● **EXERCISE INPUTS**
....................
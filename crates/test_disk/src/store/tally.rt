//! Counts of the steps and stops of each kind in random lists.

use crate::store::words::{put, put_number};
use book::Receipt;
use book::Refusal::{self, Down, Equivocation, MissingBatch, MissingParents, NotOurs, TooOld};

/// The moment at which the machine stops, by what happened to the group in flight.
#[derive(Clone, Copy)]
pub enum Moment {
    /// Before the group was taken: nothing is taken that isn't settled.
    Idle,
    /// After the group was taken, with nothing written.
    Taken,
    /// After the group's bytes were written, before the sync.
    Written,
    /// After the group's bytes were synced; its gate is still closed, so the group doesn't count.
    Synced,
    /// After the group's gate was opened, before that is synced.
    Opened,
    /// After the open gate was synced: the group is durable, but the node hasn't settled it.
    Durable,
}

/// Which bytes a stop leaves on the disk.
#[derive(Clone, Copy)]
pub enum Leaves {
    /// The bytes that a read returned before the stop.
    Read,
    /// The bytes of the last sync.
    Lost,
    /// Any length and any bytes that the disk may have after a stop.
    Torn,
}

/// Counts of steps and of stops.
#[derive(Clone, Copy)]
pub struct Tally {
    pub new: u64,
    pub known: u64,
    pub refused: [u64; 6],
    pub released: u64,
    pub held_back: u64,
    pub taken: u64,
    pub settled: u64,
    pub failed: u64,
    pub stops: [u64; 6],
    // For the stops when the group or its gate was written but not synced: how many left what a read returned, what the last sync left, or
    // torn bytes.
    left: [u64; 3],
    /// For the stops when the group's gate was opened but not synced: how many left it open, and how many closed.
    pub gates: [u64; 2],
    pub opened: u64,
    // How many openings failed at each of their calls: the first sync, the read, the write, the cut, the second sync.
    faults: [u64; 5],
}

// The names of the counts: of the kinds of refusals, of stops, of what stops leave, and of failed openings.
const REFUSED: [&str; 6] = [
    "down",
    "too old",
    "missing parents",
    "missing batch",
    "equivocation",
    "not ours",
];

const STOPPED: [&str; 6] = [
    "stopped idle",
    "taken",
    "written",
    "synced",
    "opened",
    "firm",
];

const LEFT: [&str; 5] = [
    "left as read",
    "as synced",
    "torn",
    "the gate open",
    "closed",
];

const OPENED: [&str; 6] = [
    "opened",
    "failed at the first sync",
    "read",
    "write",
    "cut",
    "second sync",
];

/// Adds one to a count.
pub fn count(place: &mut u64) {
    *place = place.saturating_add(1);
}

impl Tally {
    /// The counts before the first step: all are 0.
    pub fn new() -> Tally {
        Tally {
            new: 0,
            known: 0,
            refused: [0; 6],
            released: 0,
            held_back: 0,
            taken: 0,
            settled: 0,
            failed: 0,
            stops: [0; 6],
            left: [0; 3],
            gates: [0; 2],
            opened: 0,
            faults: [0; 5],
        }
    }

    /// Counts the answer to an event.
    pub fn add_answer(&mut self, answer: Result<Receipt, Refusal>) {
        let place = match answer {
            Ok(Receipt { new: true, .. }) => return count(&mut self.new),
            Ok(_) => return count(&mut self.known),
            Err(Down) => 0,
            Err(TooOld) => 1,
            Err(MissingParents) => 2,
            Err(MissingBatch) => 3,
            Err(Equivocation) => 4,
            Err(NotOurs) => 5,
            Err(_) => return,
        };
        count(&mut self.refused[place]);
    }

    /// Counts whether an output left the node or was held back.
    pub fn add_release(&mut self, went: bool) {
        if went {
            count(&mut self.released);
        } else {
            count(&mut self.held_back);
        }
    }

    /// Counts a stop of the machine at this moment.
    pub fn add_stop(&mut self, moment: Moment) {
        count(&mut self.stops[moment as usize]);
    }

    /// Counts which bytes a stop left, and whether the gate of the group in flight is open or closed in them.
    pub fn add_outcome(&mut self, moment: Moment, leaves: Leaves, open: bool) {
        match moment {
            Moment::Written => count(&mut self.left[leaves as usize]),
            Moment::Opened => {
                count(&mut self.left[leaves as usize]);
                count(&mut self.gates[if open { 0 } else { 1 }]);
            }
            _ => {}
        }
    }

    /// Counts an opening that failed at the call with this number.
    pub fn add_fault(&mut self, call: usize) {
        if call < 5 {
            count(&mut self.faults[call]);
        }
    }

    /// Adds the counts, in lines.
    pub fn write_to(&self, answer: &mut String) {
        report_line(answer, &["new", "known"], &[self.new, self.known]);
        report_line(answer, &REFUSED, &self.refused);
        let moved = [self.released, self.held_back];
        report_line(answer, &["released", "held back"], &moved);
        let groups = [self.taken, self.settled, self.failed];
        report_line(answer, &["groups", "settled", "failed"], &groups);
        report_line(answer, &STOPPED, &self.stops);
        let [read, lost, torn] = self.left;
        let [open, closed] = self.gates;
        report_line(answer, &LEFT, &[read, lost, torn, open, closed]);
        let [first, read, write, cut, second] = self.faults;
        let openings = [self.opened, first, read, write, cut, second];
        report_line(answer, &OPENED, &openings);
    }
}

/// Adds a line of counts, each after its name.
fn report_line(answer: &mut String, names: &[&str], counts: &[u64]) {
    for (place, count) in counts.iter().enumerate() {
        if place > 0 {
            put(answer, ", ");
        }
        if let Some(name) = names.get(place) {
            put(answer, name);
        }
        put_number(answer, *count);
    }
    put(answer, "\n");
}
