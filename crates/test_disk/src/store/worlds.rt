//! Random lists of steps and stops, carried out by the running code and compared with a model of plain lists.

use crate::committees::{SEVEN, own_config};
use crate::store::lists::Lists;
use crate::store::words::{Reported, Word, put, put_count, reported_bad};
use std::alloc::Global;

/// The results of all lists.
#[derive(Drop)]
pub struct Worlds {
    alloc: Global,
    /// Each command that was played, with its answer.
    report: String,
}

impl Worlds {
    /// The state before the first command.
    pub fn new(alloc: Global) -> Worlds {
        let report = String::new(alloc);
        Worlds { alloc, report }
    }

    /// The report that is printed.
    pub fn report(&self) -> &[u8] {
        self.report.as_bytes()
    }

    /// `lists COUNT STEPS START` makes `COUNT` lists of `STEPS` steps each, with random numbers from a start value.
    pub fn obey(&mut self, words: &[Word], answer: &mut String) -> Reported {
        match words {
            [
                Word::Number(count),
                Word::Number(steps),
                Word::Number(start),
            ] => self.play(*count, *steps, *start, answer),
            _ => reported_bad(answer),
        }
    }

    fn play(&mut self, count: u64, steps: u64, start: u64, answer: &mut String) -> Reported {
        let config = own_config(self.alloc, &SEVEN)?;
        let lists = Lists::new(self.alloc, &config, start)?;
        play(lists, count, steps, answer)?;
        put_count(&mut self.report, "", count, " lists");
        put_count(&mut self.report, " of ", steps, " steps");
        put_count(&mut self.report, ", drawn from ", start, "\n");
        put(&mut self.report, answer.as_str());
        Ok(())
    }
}

/// Makes this many lists of this many steps each, and adds the results.
fn play(mut lists: Lists<'_>, count: u64, steps: u64, answer: &mut String) -> Reported {
    for _ in 0..count {
        lists.play(steps)?;
    }
    lists.write_to(answer)
}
....................
● **TASK REQUIREMENTS**
Write the records above out again, exactly as they are.

● **RESULT OF THE TASK**
filename crates/test_disk/src/store/tally.rt
//! Counts of the steps and stops of each kind in random lists.

use crate::store::words::{put, put_number};
use book::Receipt;
use book::Refusal::{self, Down, Equivocation, MissingBatch, MissingParents, NotOurs, TooOld};

/// The moment at which the machine stops, by what happened to the group in flight.
#[derive(Clone, Copy)]
pub enum Moment {
    /// Before the group was taken: nothing is taken that isn't settled.
    Idle,
    /// After the group was taken, with nothing written.
    Taken,
    /// After the group's bytes were written, before the sync.
    Written,
    /// After the group's bytes were synced; its gate is still closed, so the group doesn't count.
    Synced,
    /// After the group's gate was opened, before that is synced.
    Opened,
    /// After the open gate was synced: the group is durable, but the node hasn't settled it.
    Durable,
}

/// Which bytes a stop leaves on the disk.
#[derive(Clone, Copy)]
pub enum Leaves {
    /// The bytes that a read returned before the stop.
    Read,
    /// The bytes of the last sync.
    Lost,
    /// Any length and any bytes that the disk may have after a stop.
    Torn,
}

/// Counts of steps and of stops.
#[derive(Clone, Copy)]
pub struct Tally {
    pub new: u64,
    pub known: u64,
    pub refused: [u64; 6],
    pub released: u64,
    pub held_back: u64,
    pub taken: u64,
    pub settled: u64,
    pub failed: u64,
    pub stops: [u64; 6],
    // For the stops when the group or its gate was written but not synced: how many left what a read returned, what the last sync left, or
    // torn bytes.
    left: [u64; 3],
    /// For the stops when the group's gate was opened but not synced: how many left it open, and how many closed.
    pub gates: [u64; 2],
    pub opened: u64,
    // How many openings failed at each of their calls: the first sync, the read, the write, the cut, the second sync.
    faults: [u64; 5],
}

// The names of the counts: of the kinds of refusals, of stops, of what stops leave, and of failed openings.
const REFUSED: [&str; 6] = [
    "down",
    "too old",
    "missing parents",
    "missing batch",
    "equivocation",
    "not ours",
];

const STOPPED: [&str; 6] = [
    "stopped idle",
    "taken",
    "written",
    "synced",
    "opened",
    "firm",
];

const LEFT: [&str; 5] = [
    "left as read",
    "as synced",
    "torn",
    "the gate open",
    "closed",
];

const OPENED: [&str; 6] = [
    "opened",
    "failed at the first sync",
    "read",
    "write",
    "cut",
    "second sync",
];

/// Adds one to a count.
pub fn count(place: &mut u64) {
    *place = place.saturating_add(1);
}

impl Tally {
    /// The counts before the first step: all are 0.
    pub fn new() -> Tally {
        Tally {
            new: 0,
            known: 0,
            refused: [0; 6],
            released: 0,
            held_back: 0,
            taken: 0,
            settled: 0,
            failed: 0,
            stops: [0; 6],
            left: [0; 3],
            gates: [0; 2],
            opened: 0,
            faults: [0; 5],
        }
    }

    /// Counts the answer to an event.
    pub fn add_answer(&mut self, answer: Result<Receipt, Refusal>) {
        let place = match answer {
            Ok(Receipt { new: true, .. }) => return count(&mut self.new),
            Ok(_) => return count(&mut self.known),
            Err(Down) => 0,
            Err(TooOld) => 1,
            Err(MissingParents) => 2,
            Err(MissingBatch) => 3,
            Err(Equivocation) => 4,
            Err(NotOurs) => 5,
            Err(_) => return,
        };
        count(&mut self.refused[place]);
    }

    /// Counts whether an output left the node or was held back.
    pub fn add_release(&mut self, went: bool) {
        if went {
            count(&mut self.released);
        } else {
            count(&mut self.held_back);
        }
    }

    /// Counts a stop of the machine at this moment.
    pub fn add_stop(&mut self, moment: Moment) {
        count(&mut self.stops[moment as usize]);
    }

    /// Counts which bytes a stop left, and whether the gate of the group in flight is open or closed in them.
    pub fn add_outcome(&mut self, moment: Moment, leaves: Leaves, open: bool) {
        match moment {
            Moment::Written => count(&mut self.left[leaves as usize]),
            Moment::Opened => {
                count(&mut self.left[leaves as usize]);
                count(&mut self.gates[if open { 0 } else { 1 }]);
            }
            _ => {}
        }
    }

    /// Counts an opening that failed at the call with this number.
    pub fn add_fault(&mut self, call: usize) {
        if call < 5 {
            count(&mut self.faults[call]);
        }
    }

    /// Adds the counts, in lines.
    pub fn write_to(&self, answer: &mut String) {
        report_line(answer, &["new", "known"], &[self.new, self.known]);
        report_line(answer, &REFUSED, &self.refused);
        let moved = [self.released, self.held_back];
        report_line(answer, &["released", "held back"], &moved);
        let groups = [self.taken, self.settled, self.failed];
        report_line(answer, &["groups", "settled", "failed"], &groups);
        report_line(answer, &STOPPED, &self.stops);
        let [read, lost, torn] = self.left;
        let [open, closed] = self.gates;
        report_line(answer, &LEFT, &[read, lost, torn, open, closed]);
        let [first, read, write, cut, second] = self.faults;
        let openings = [self.opened, first, read, write, cut, second];
        report_line(answer, &OPENED, &openings);
    }
}

/// Adds a line of counts, each after its name.
fn report_line(answer: &mut String, names: &[&str], counts: &[u64]) {
    for (place, count) in counts.iter().enumerate() {
        if place > 0 {
            put(answer, ", ");
        }
        if let Some(name) = names.get(place) {
            put(answer, name);
        }
        put_number(answer, *count);
    }
    put(answer, "\n");
}
filename crates/test_disk/src/store/worlds.rt
//! Random lists of steps and stops, carried out by the running code and compared with a model of plain lists.

use crate::committees::{SEVEN, own_config};
use crate::store::lists::Lists;
use crate::store::words::{Reported, Word, put, put_count, reported_bad};
use std::alloc::Global;

/// The results of all lists.
#[derive(Drop)]
pub struct Worlds {
    alloc: Global,
    /// Each command that was played, with its answer.
    report: String,
}

impl Worlds {
    /// The state before the first command.
    pub fn new(alloc: Global) -> Worlds {
        let report = String::new(alloc);
        Worlds { alloc, report }
    }

    /// The report that is printed.
    pub fn report(&self) -> &[u8] {
        self.report.as_bytes()
    }

    /// `lists COUNT STEPS START` makes `COUNT` lists of `STEPS` steps each, with random numbers from a start value.
    pub fn obey(&mut self, words: &[Word], answer: &mut String) -> Reported {
        match words {
            [
                Word::Number(count),
                Word::Number(steps),
                Word::Number(start),
            ] => self.play(*count, *steps, *start, answer),
            _ => reported_bad(answer),
        }
    }

    fn play(&mut self, count: u64, steps: u64, start: u64, answer: &mut String) -> Reported {
        let config = own_config(self.alloc, &SEVEN)?;
        let lists = Lists::new(self.alloc, &config, start)?;
        play(lists, count, steps, answer)?;
        put_count(&mut self.report, "", count, " lists");
        put_count(&mut self.report, " of ", steps, " steps");
        put_count(&mut self.report, ", drawn from ", start, "\n");
        put(&mut self.report, answer.as_str());
        Ok(())
    }
}

/// Makes this many lists of this many steps each, and adds the results.
fn play(mut lists: Lists<'_>, count: u64, steps: u64, answer: &mut String) -> Reported {
    for _ in 0..count {
        lists.play(steps)?;
    }
    lists.write_to(answer)
}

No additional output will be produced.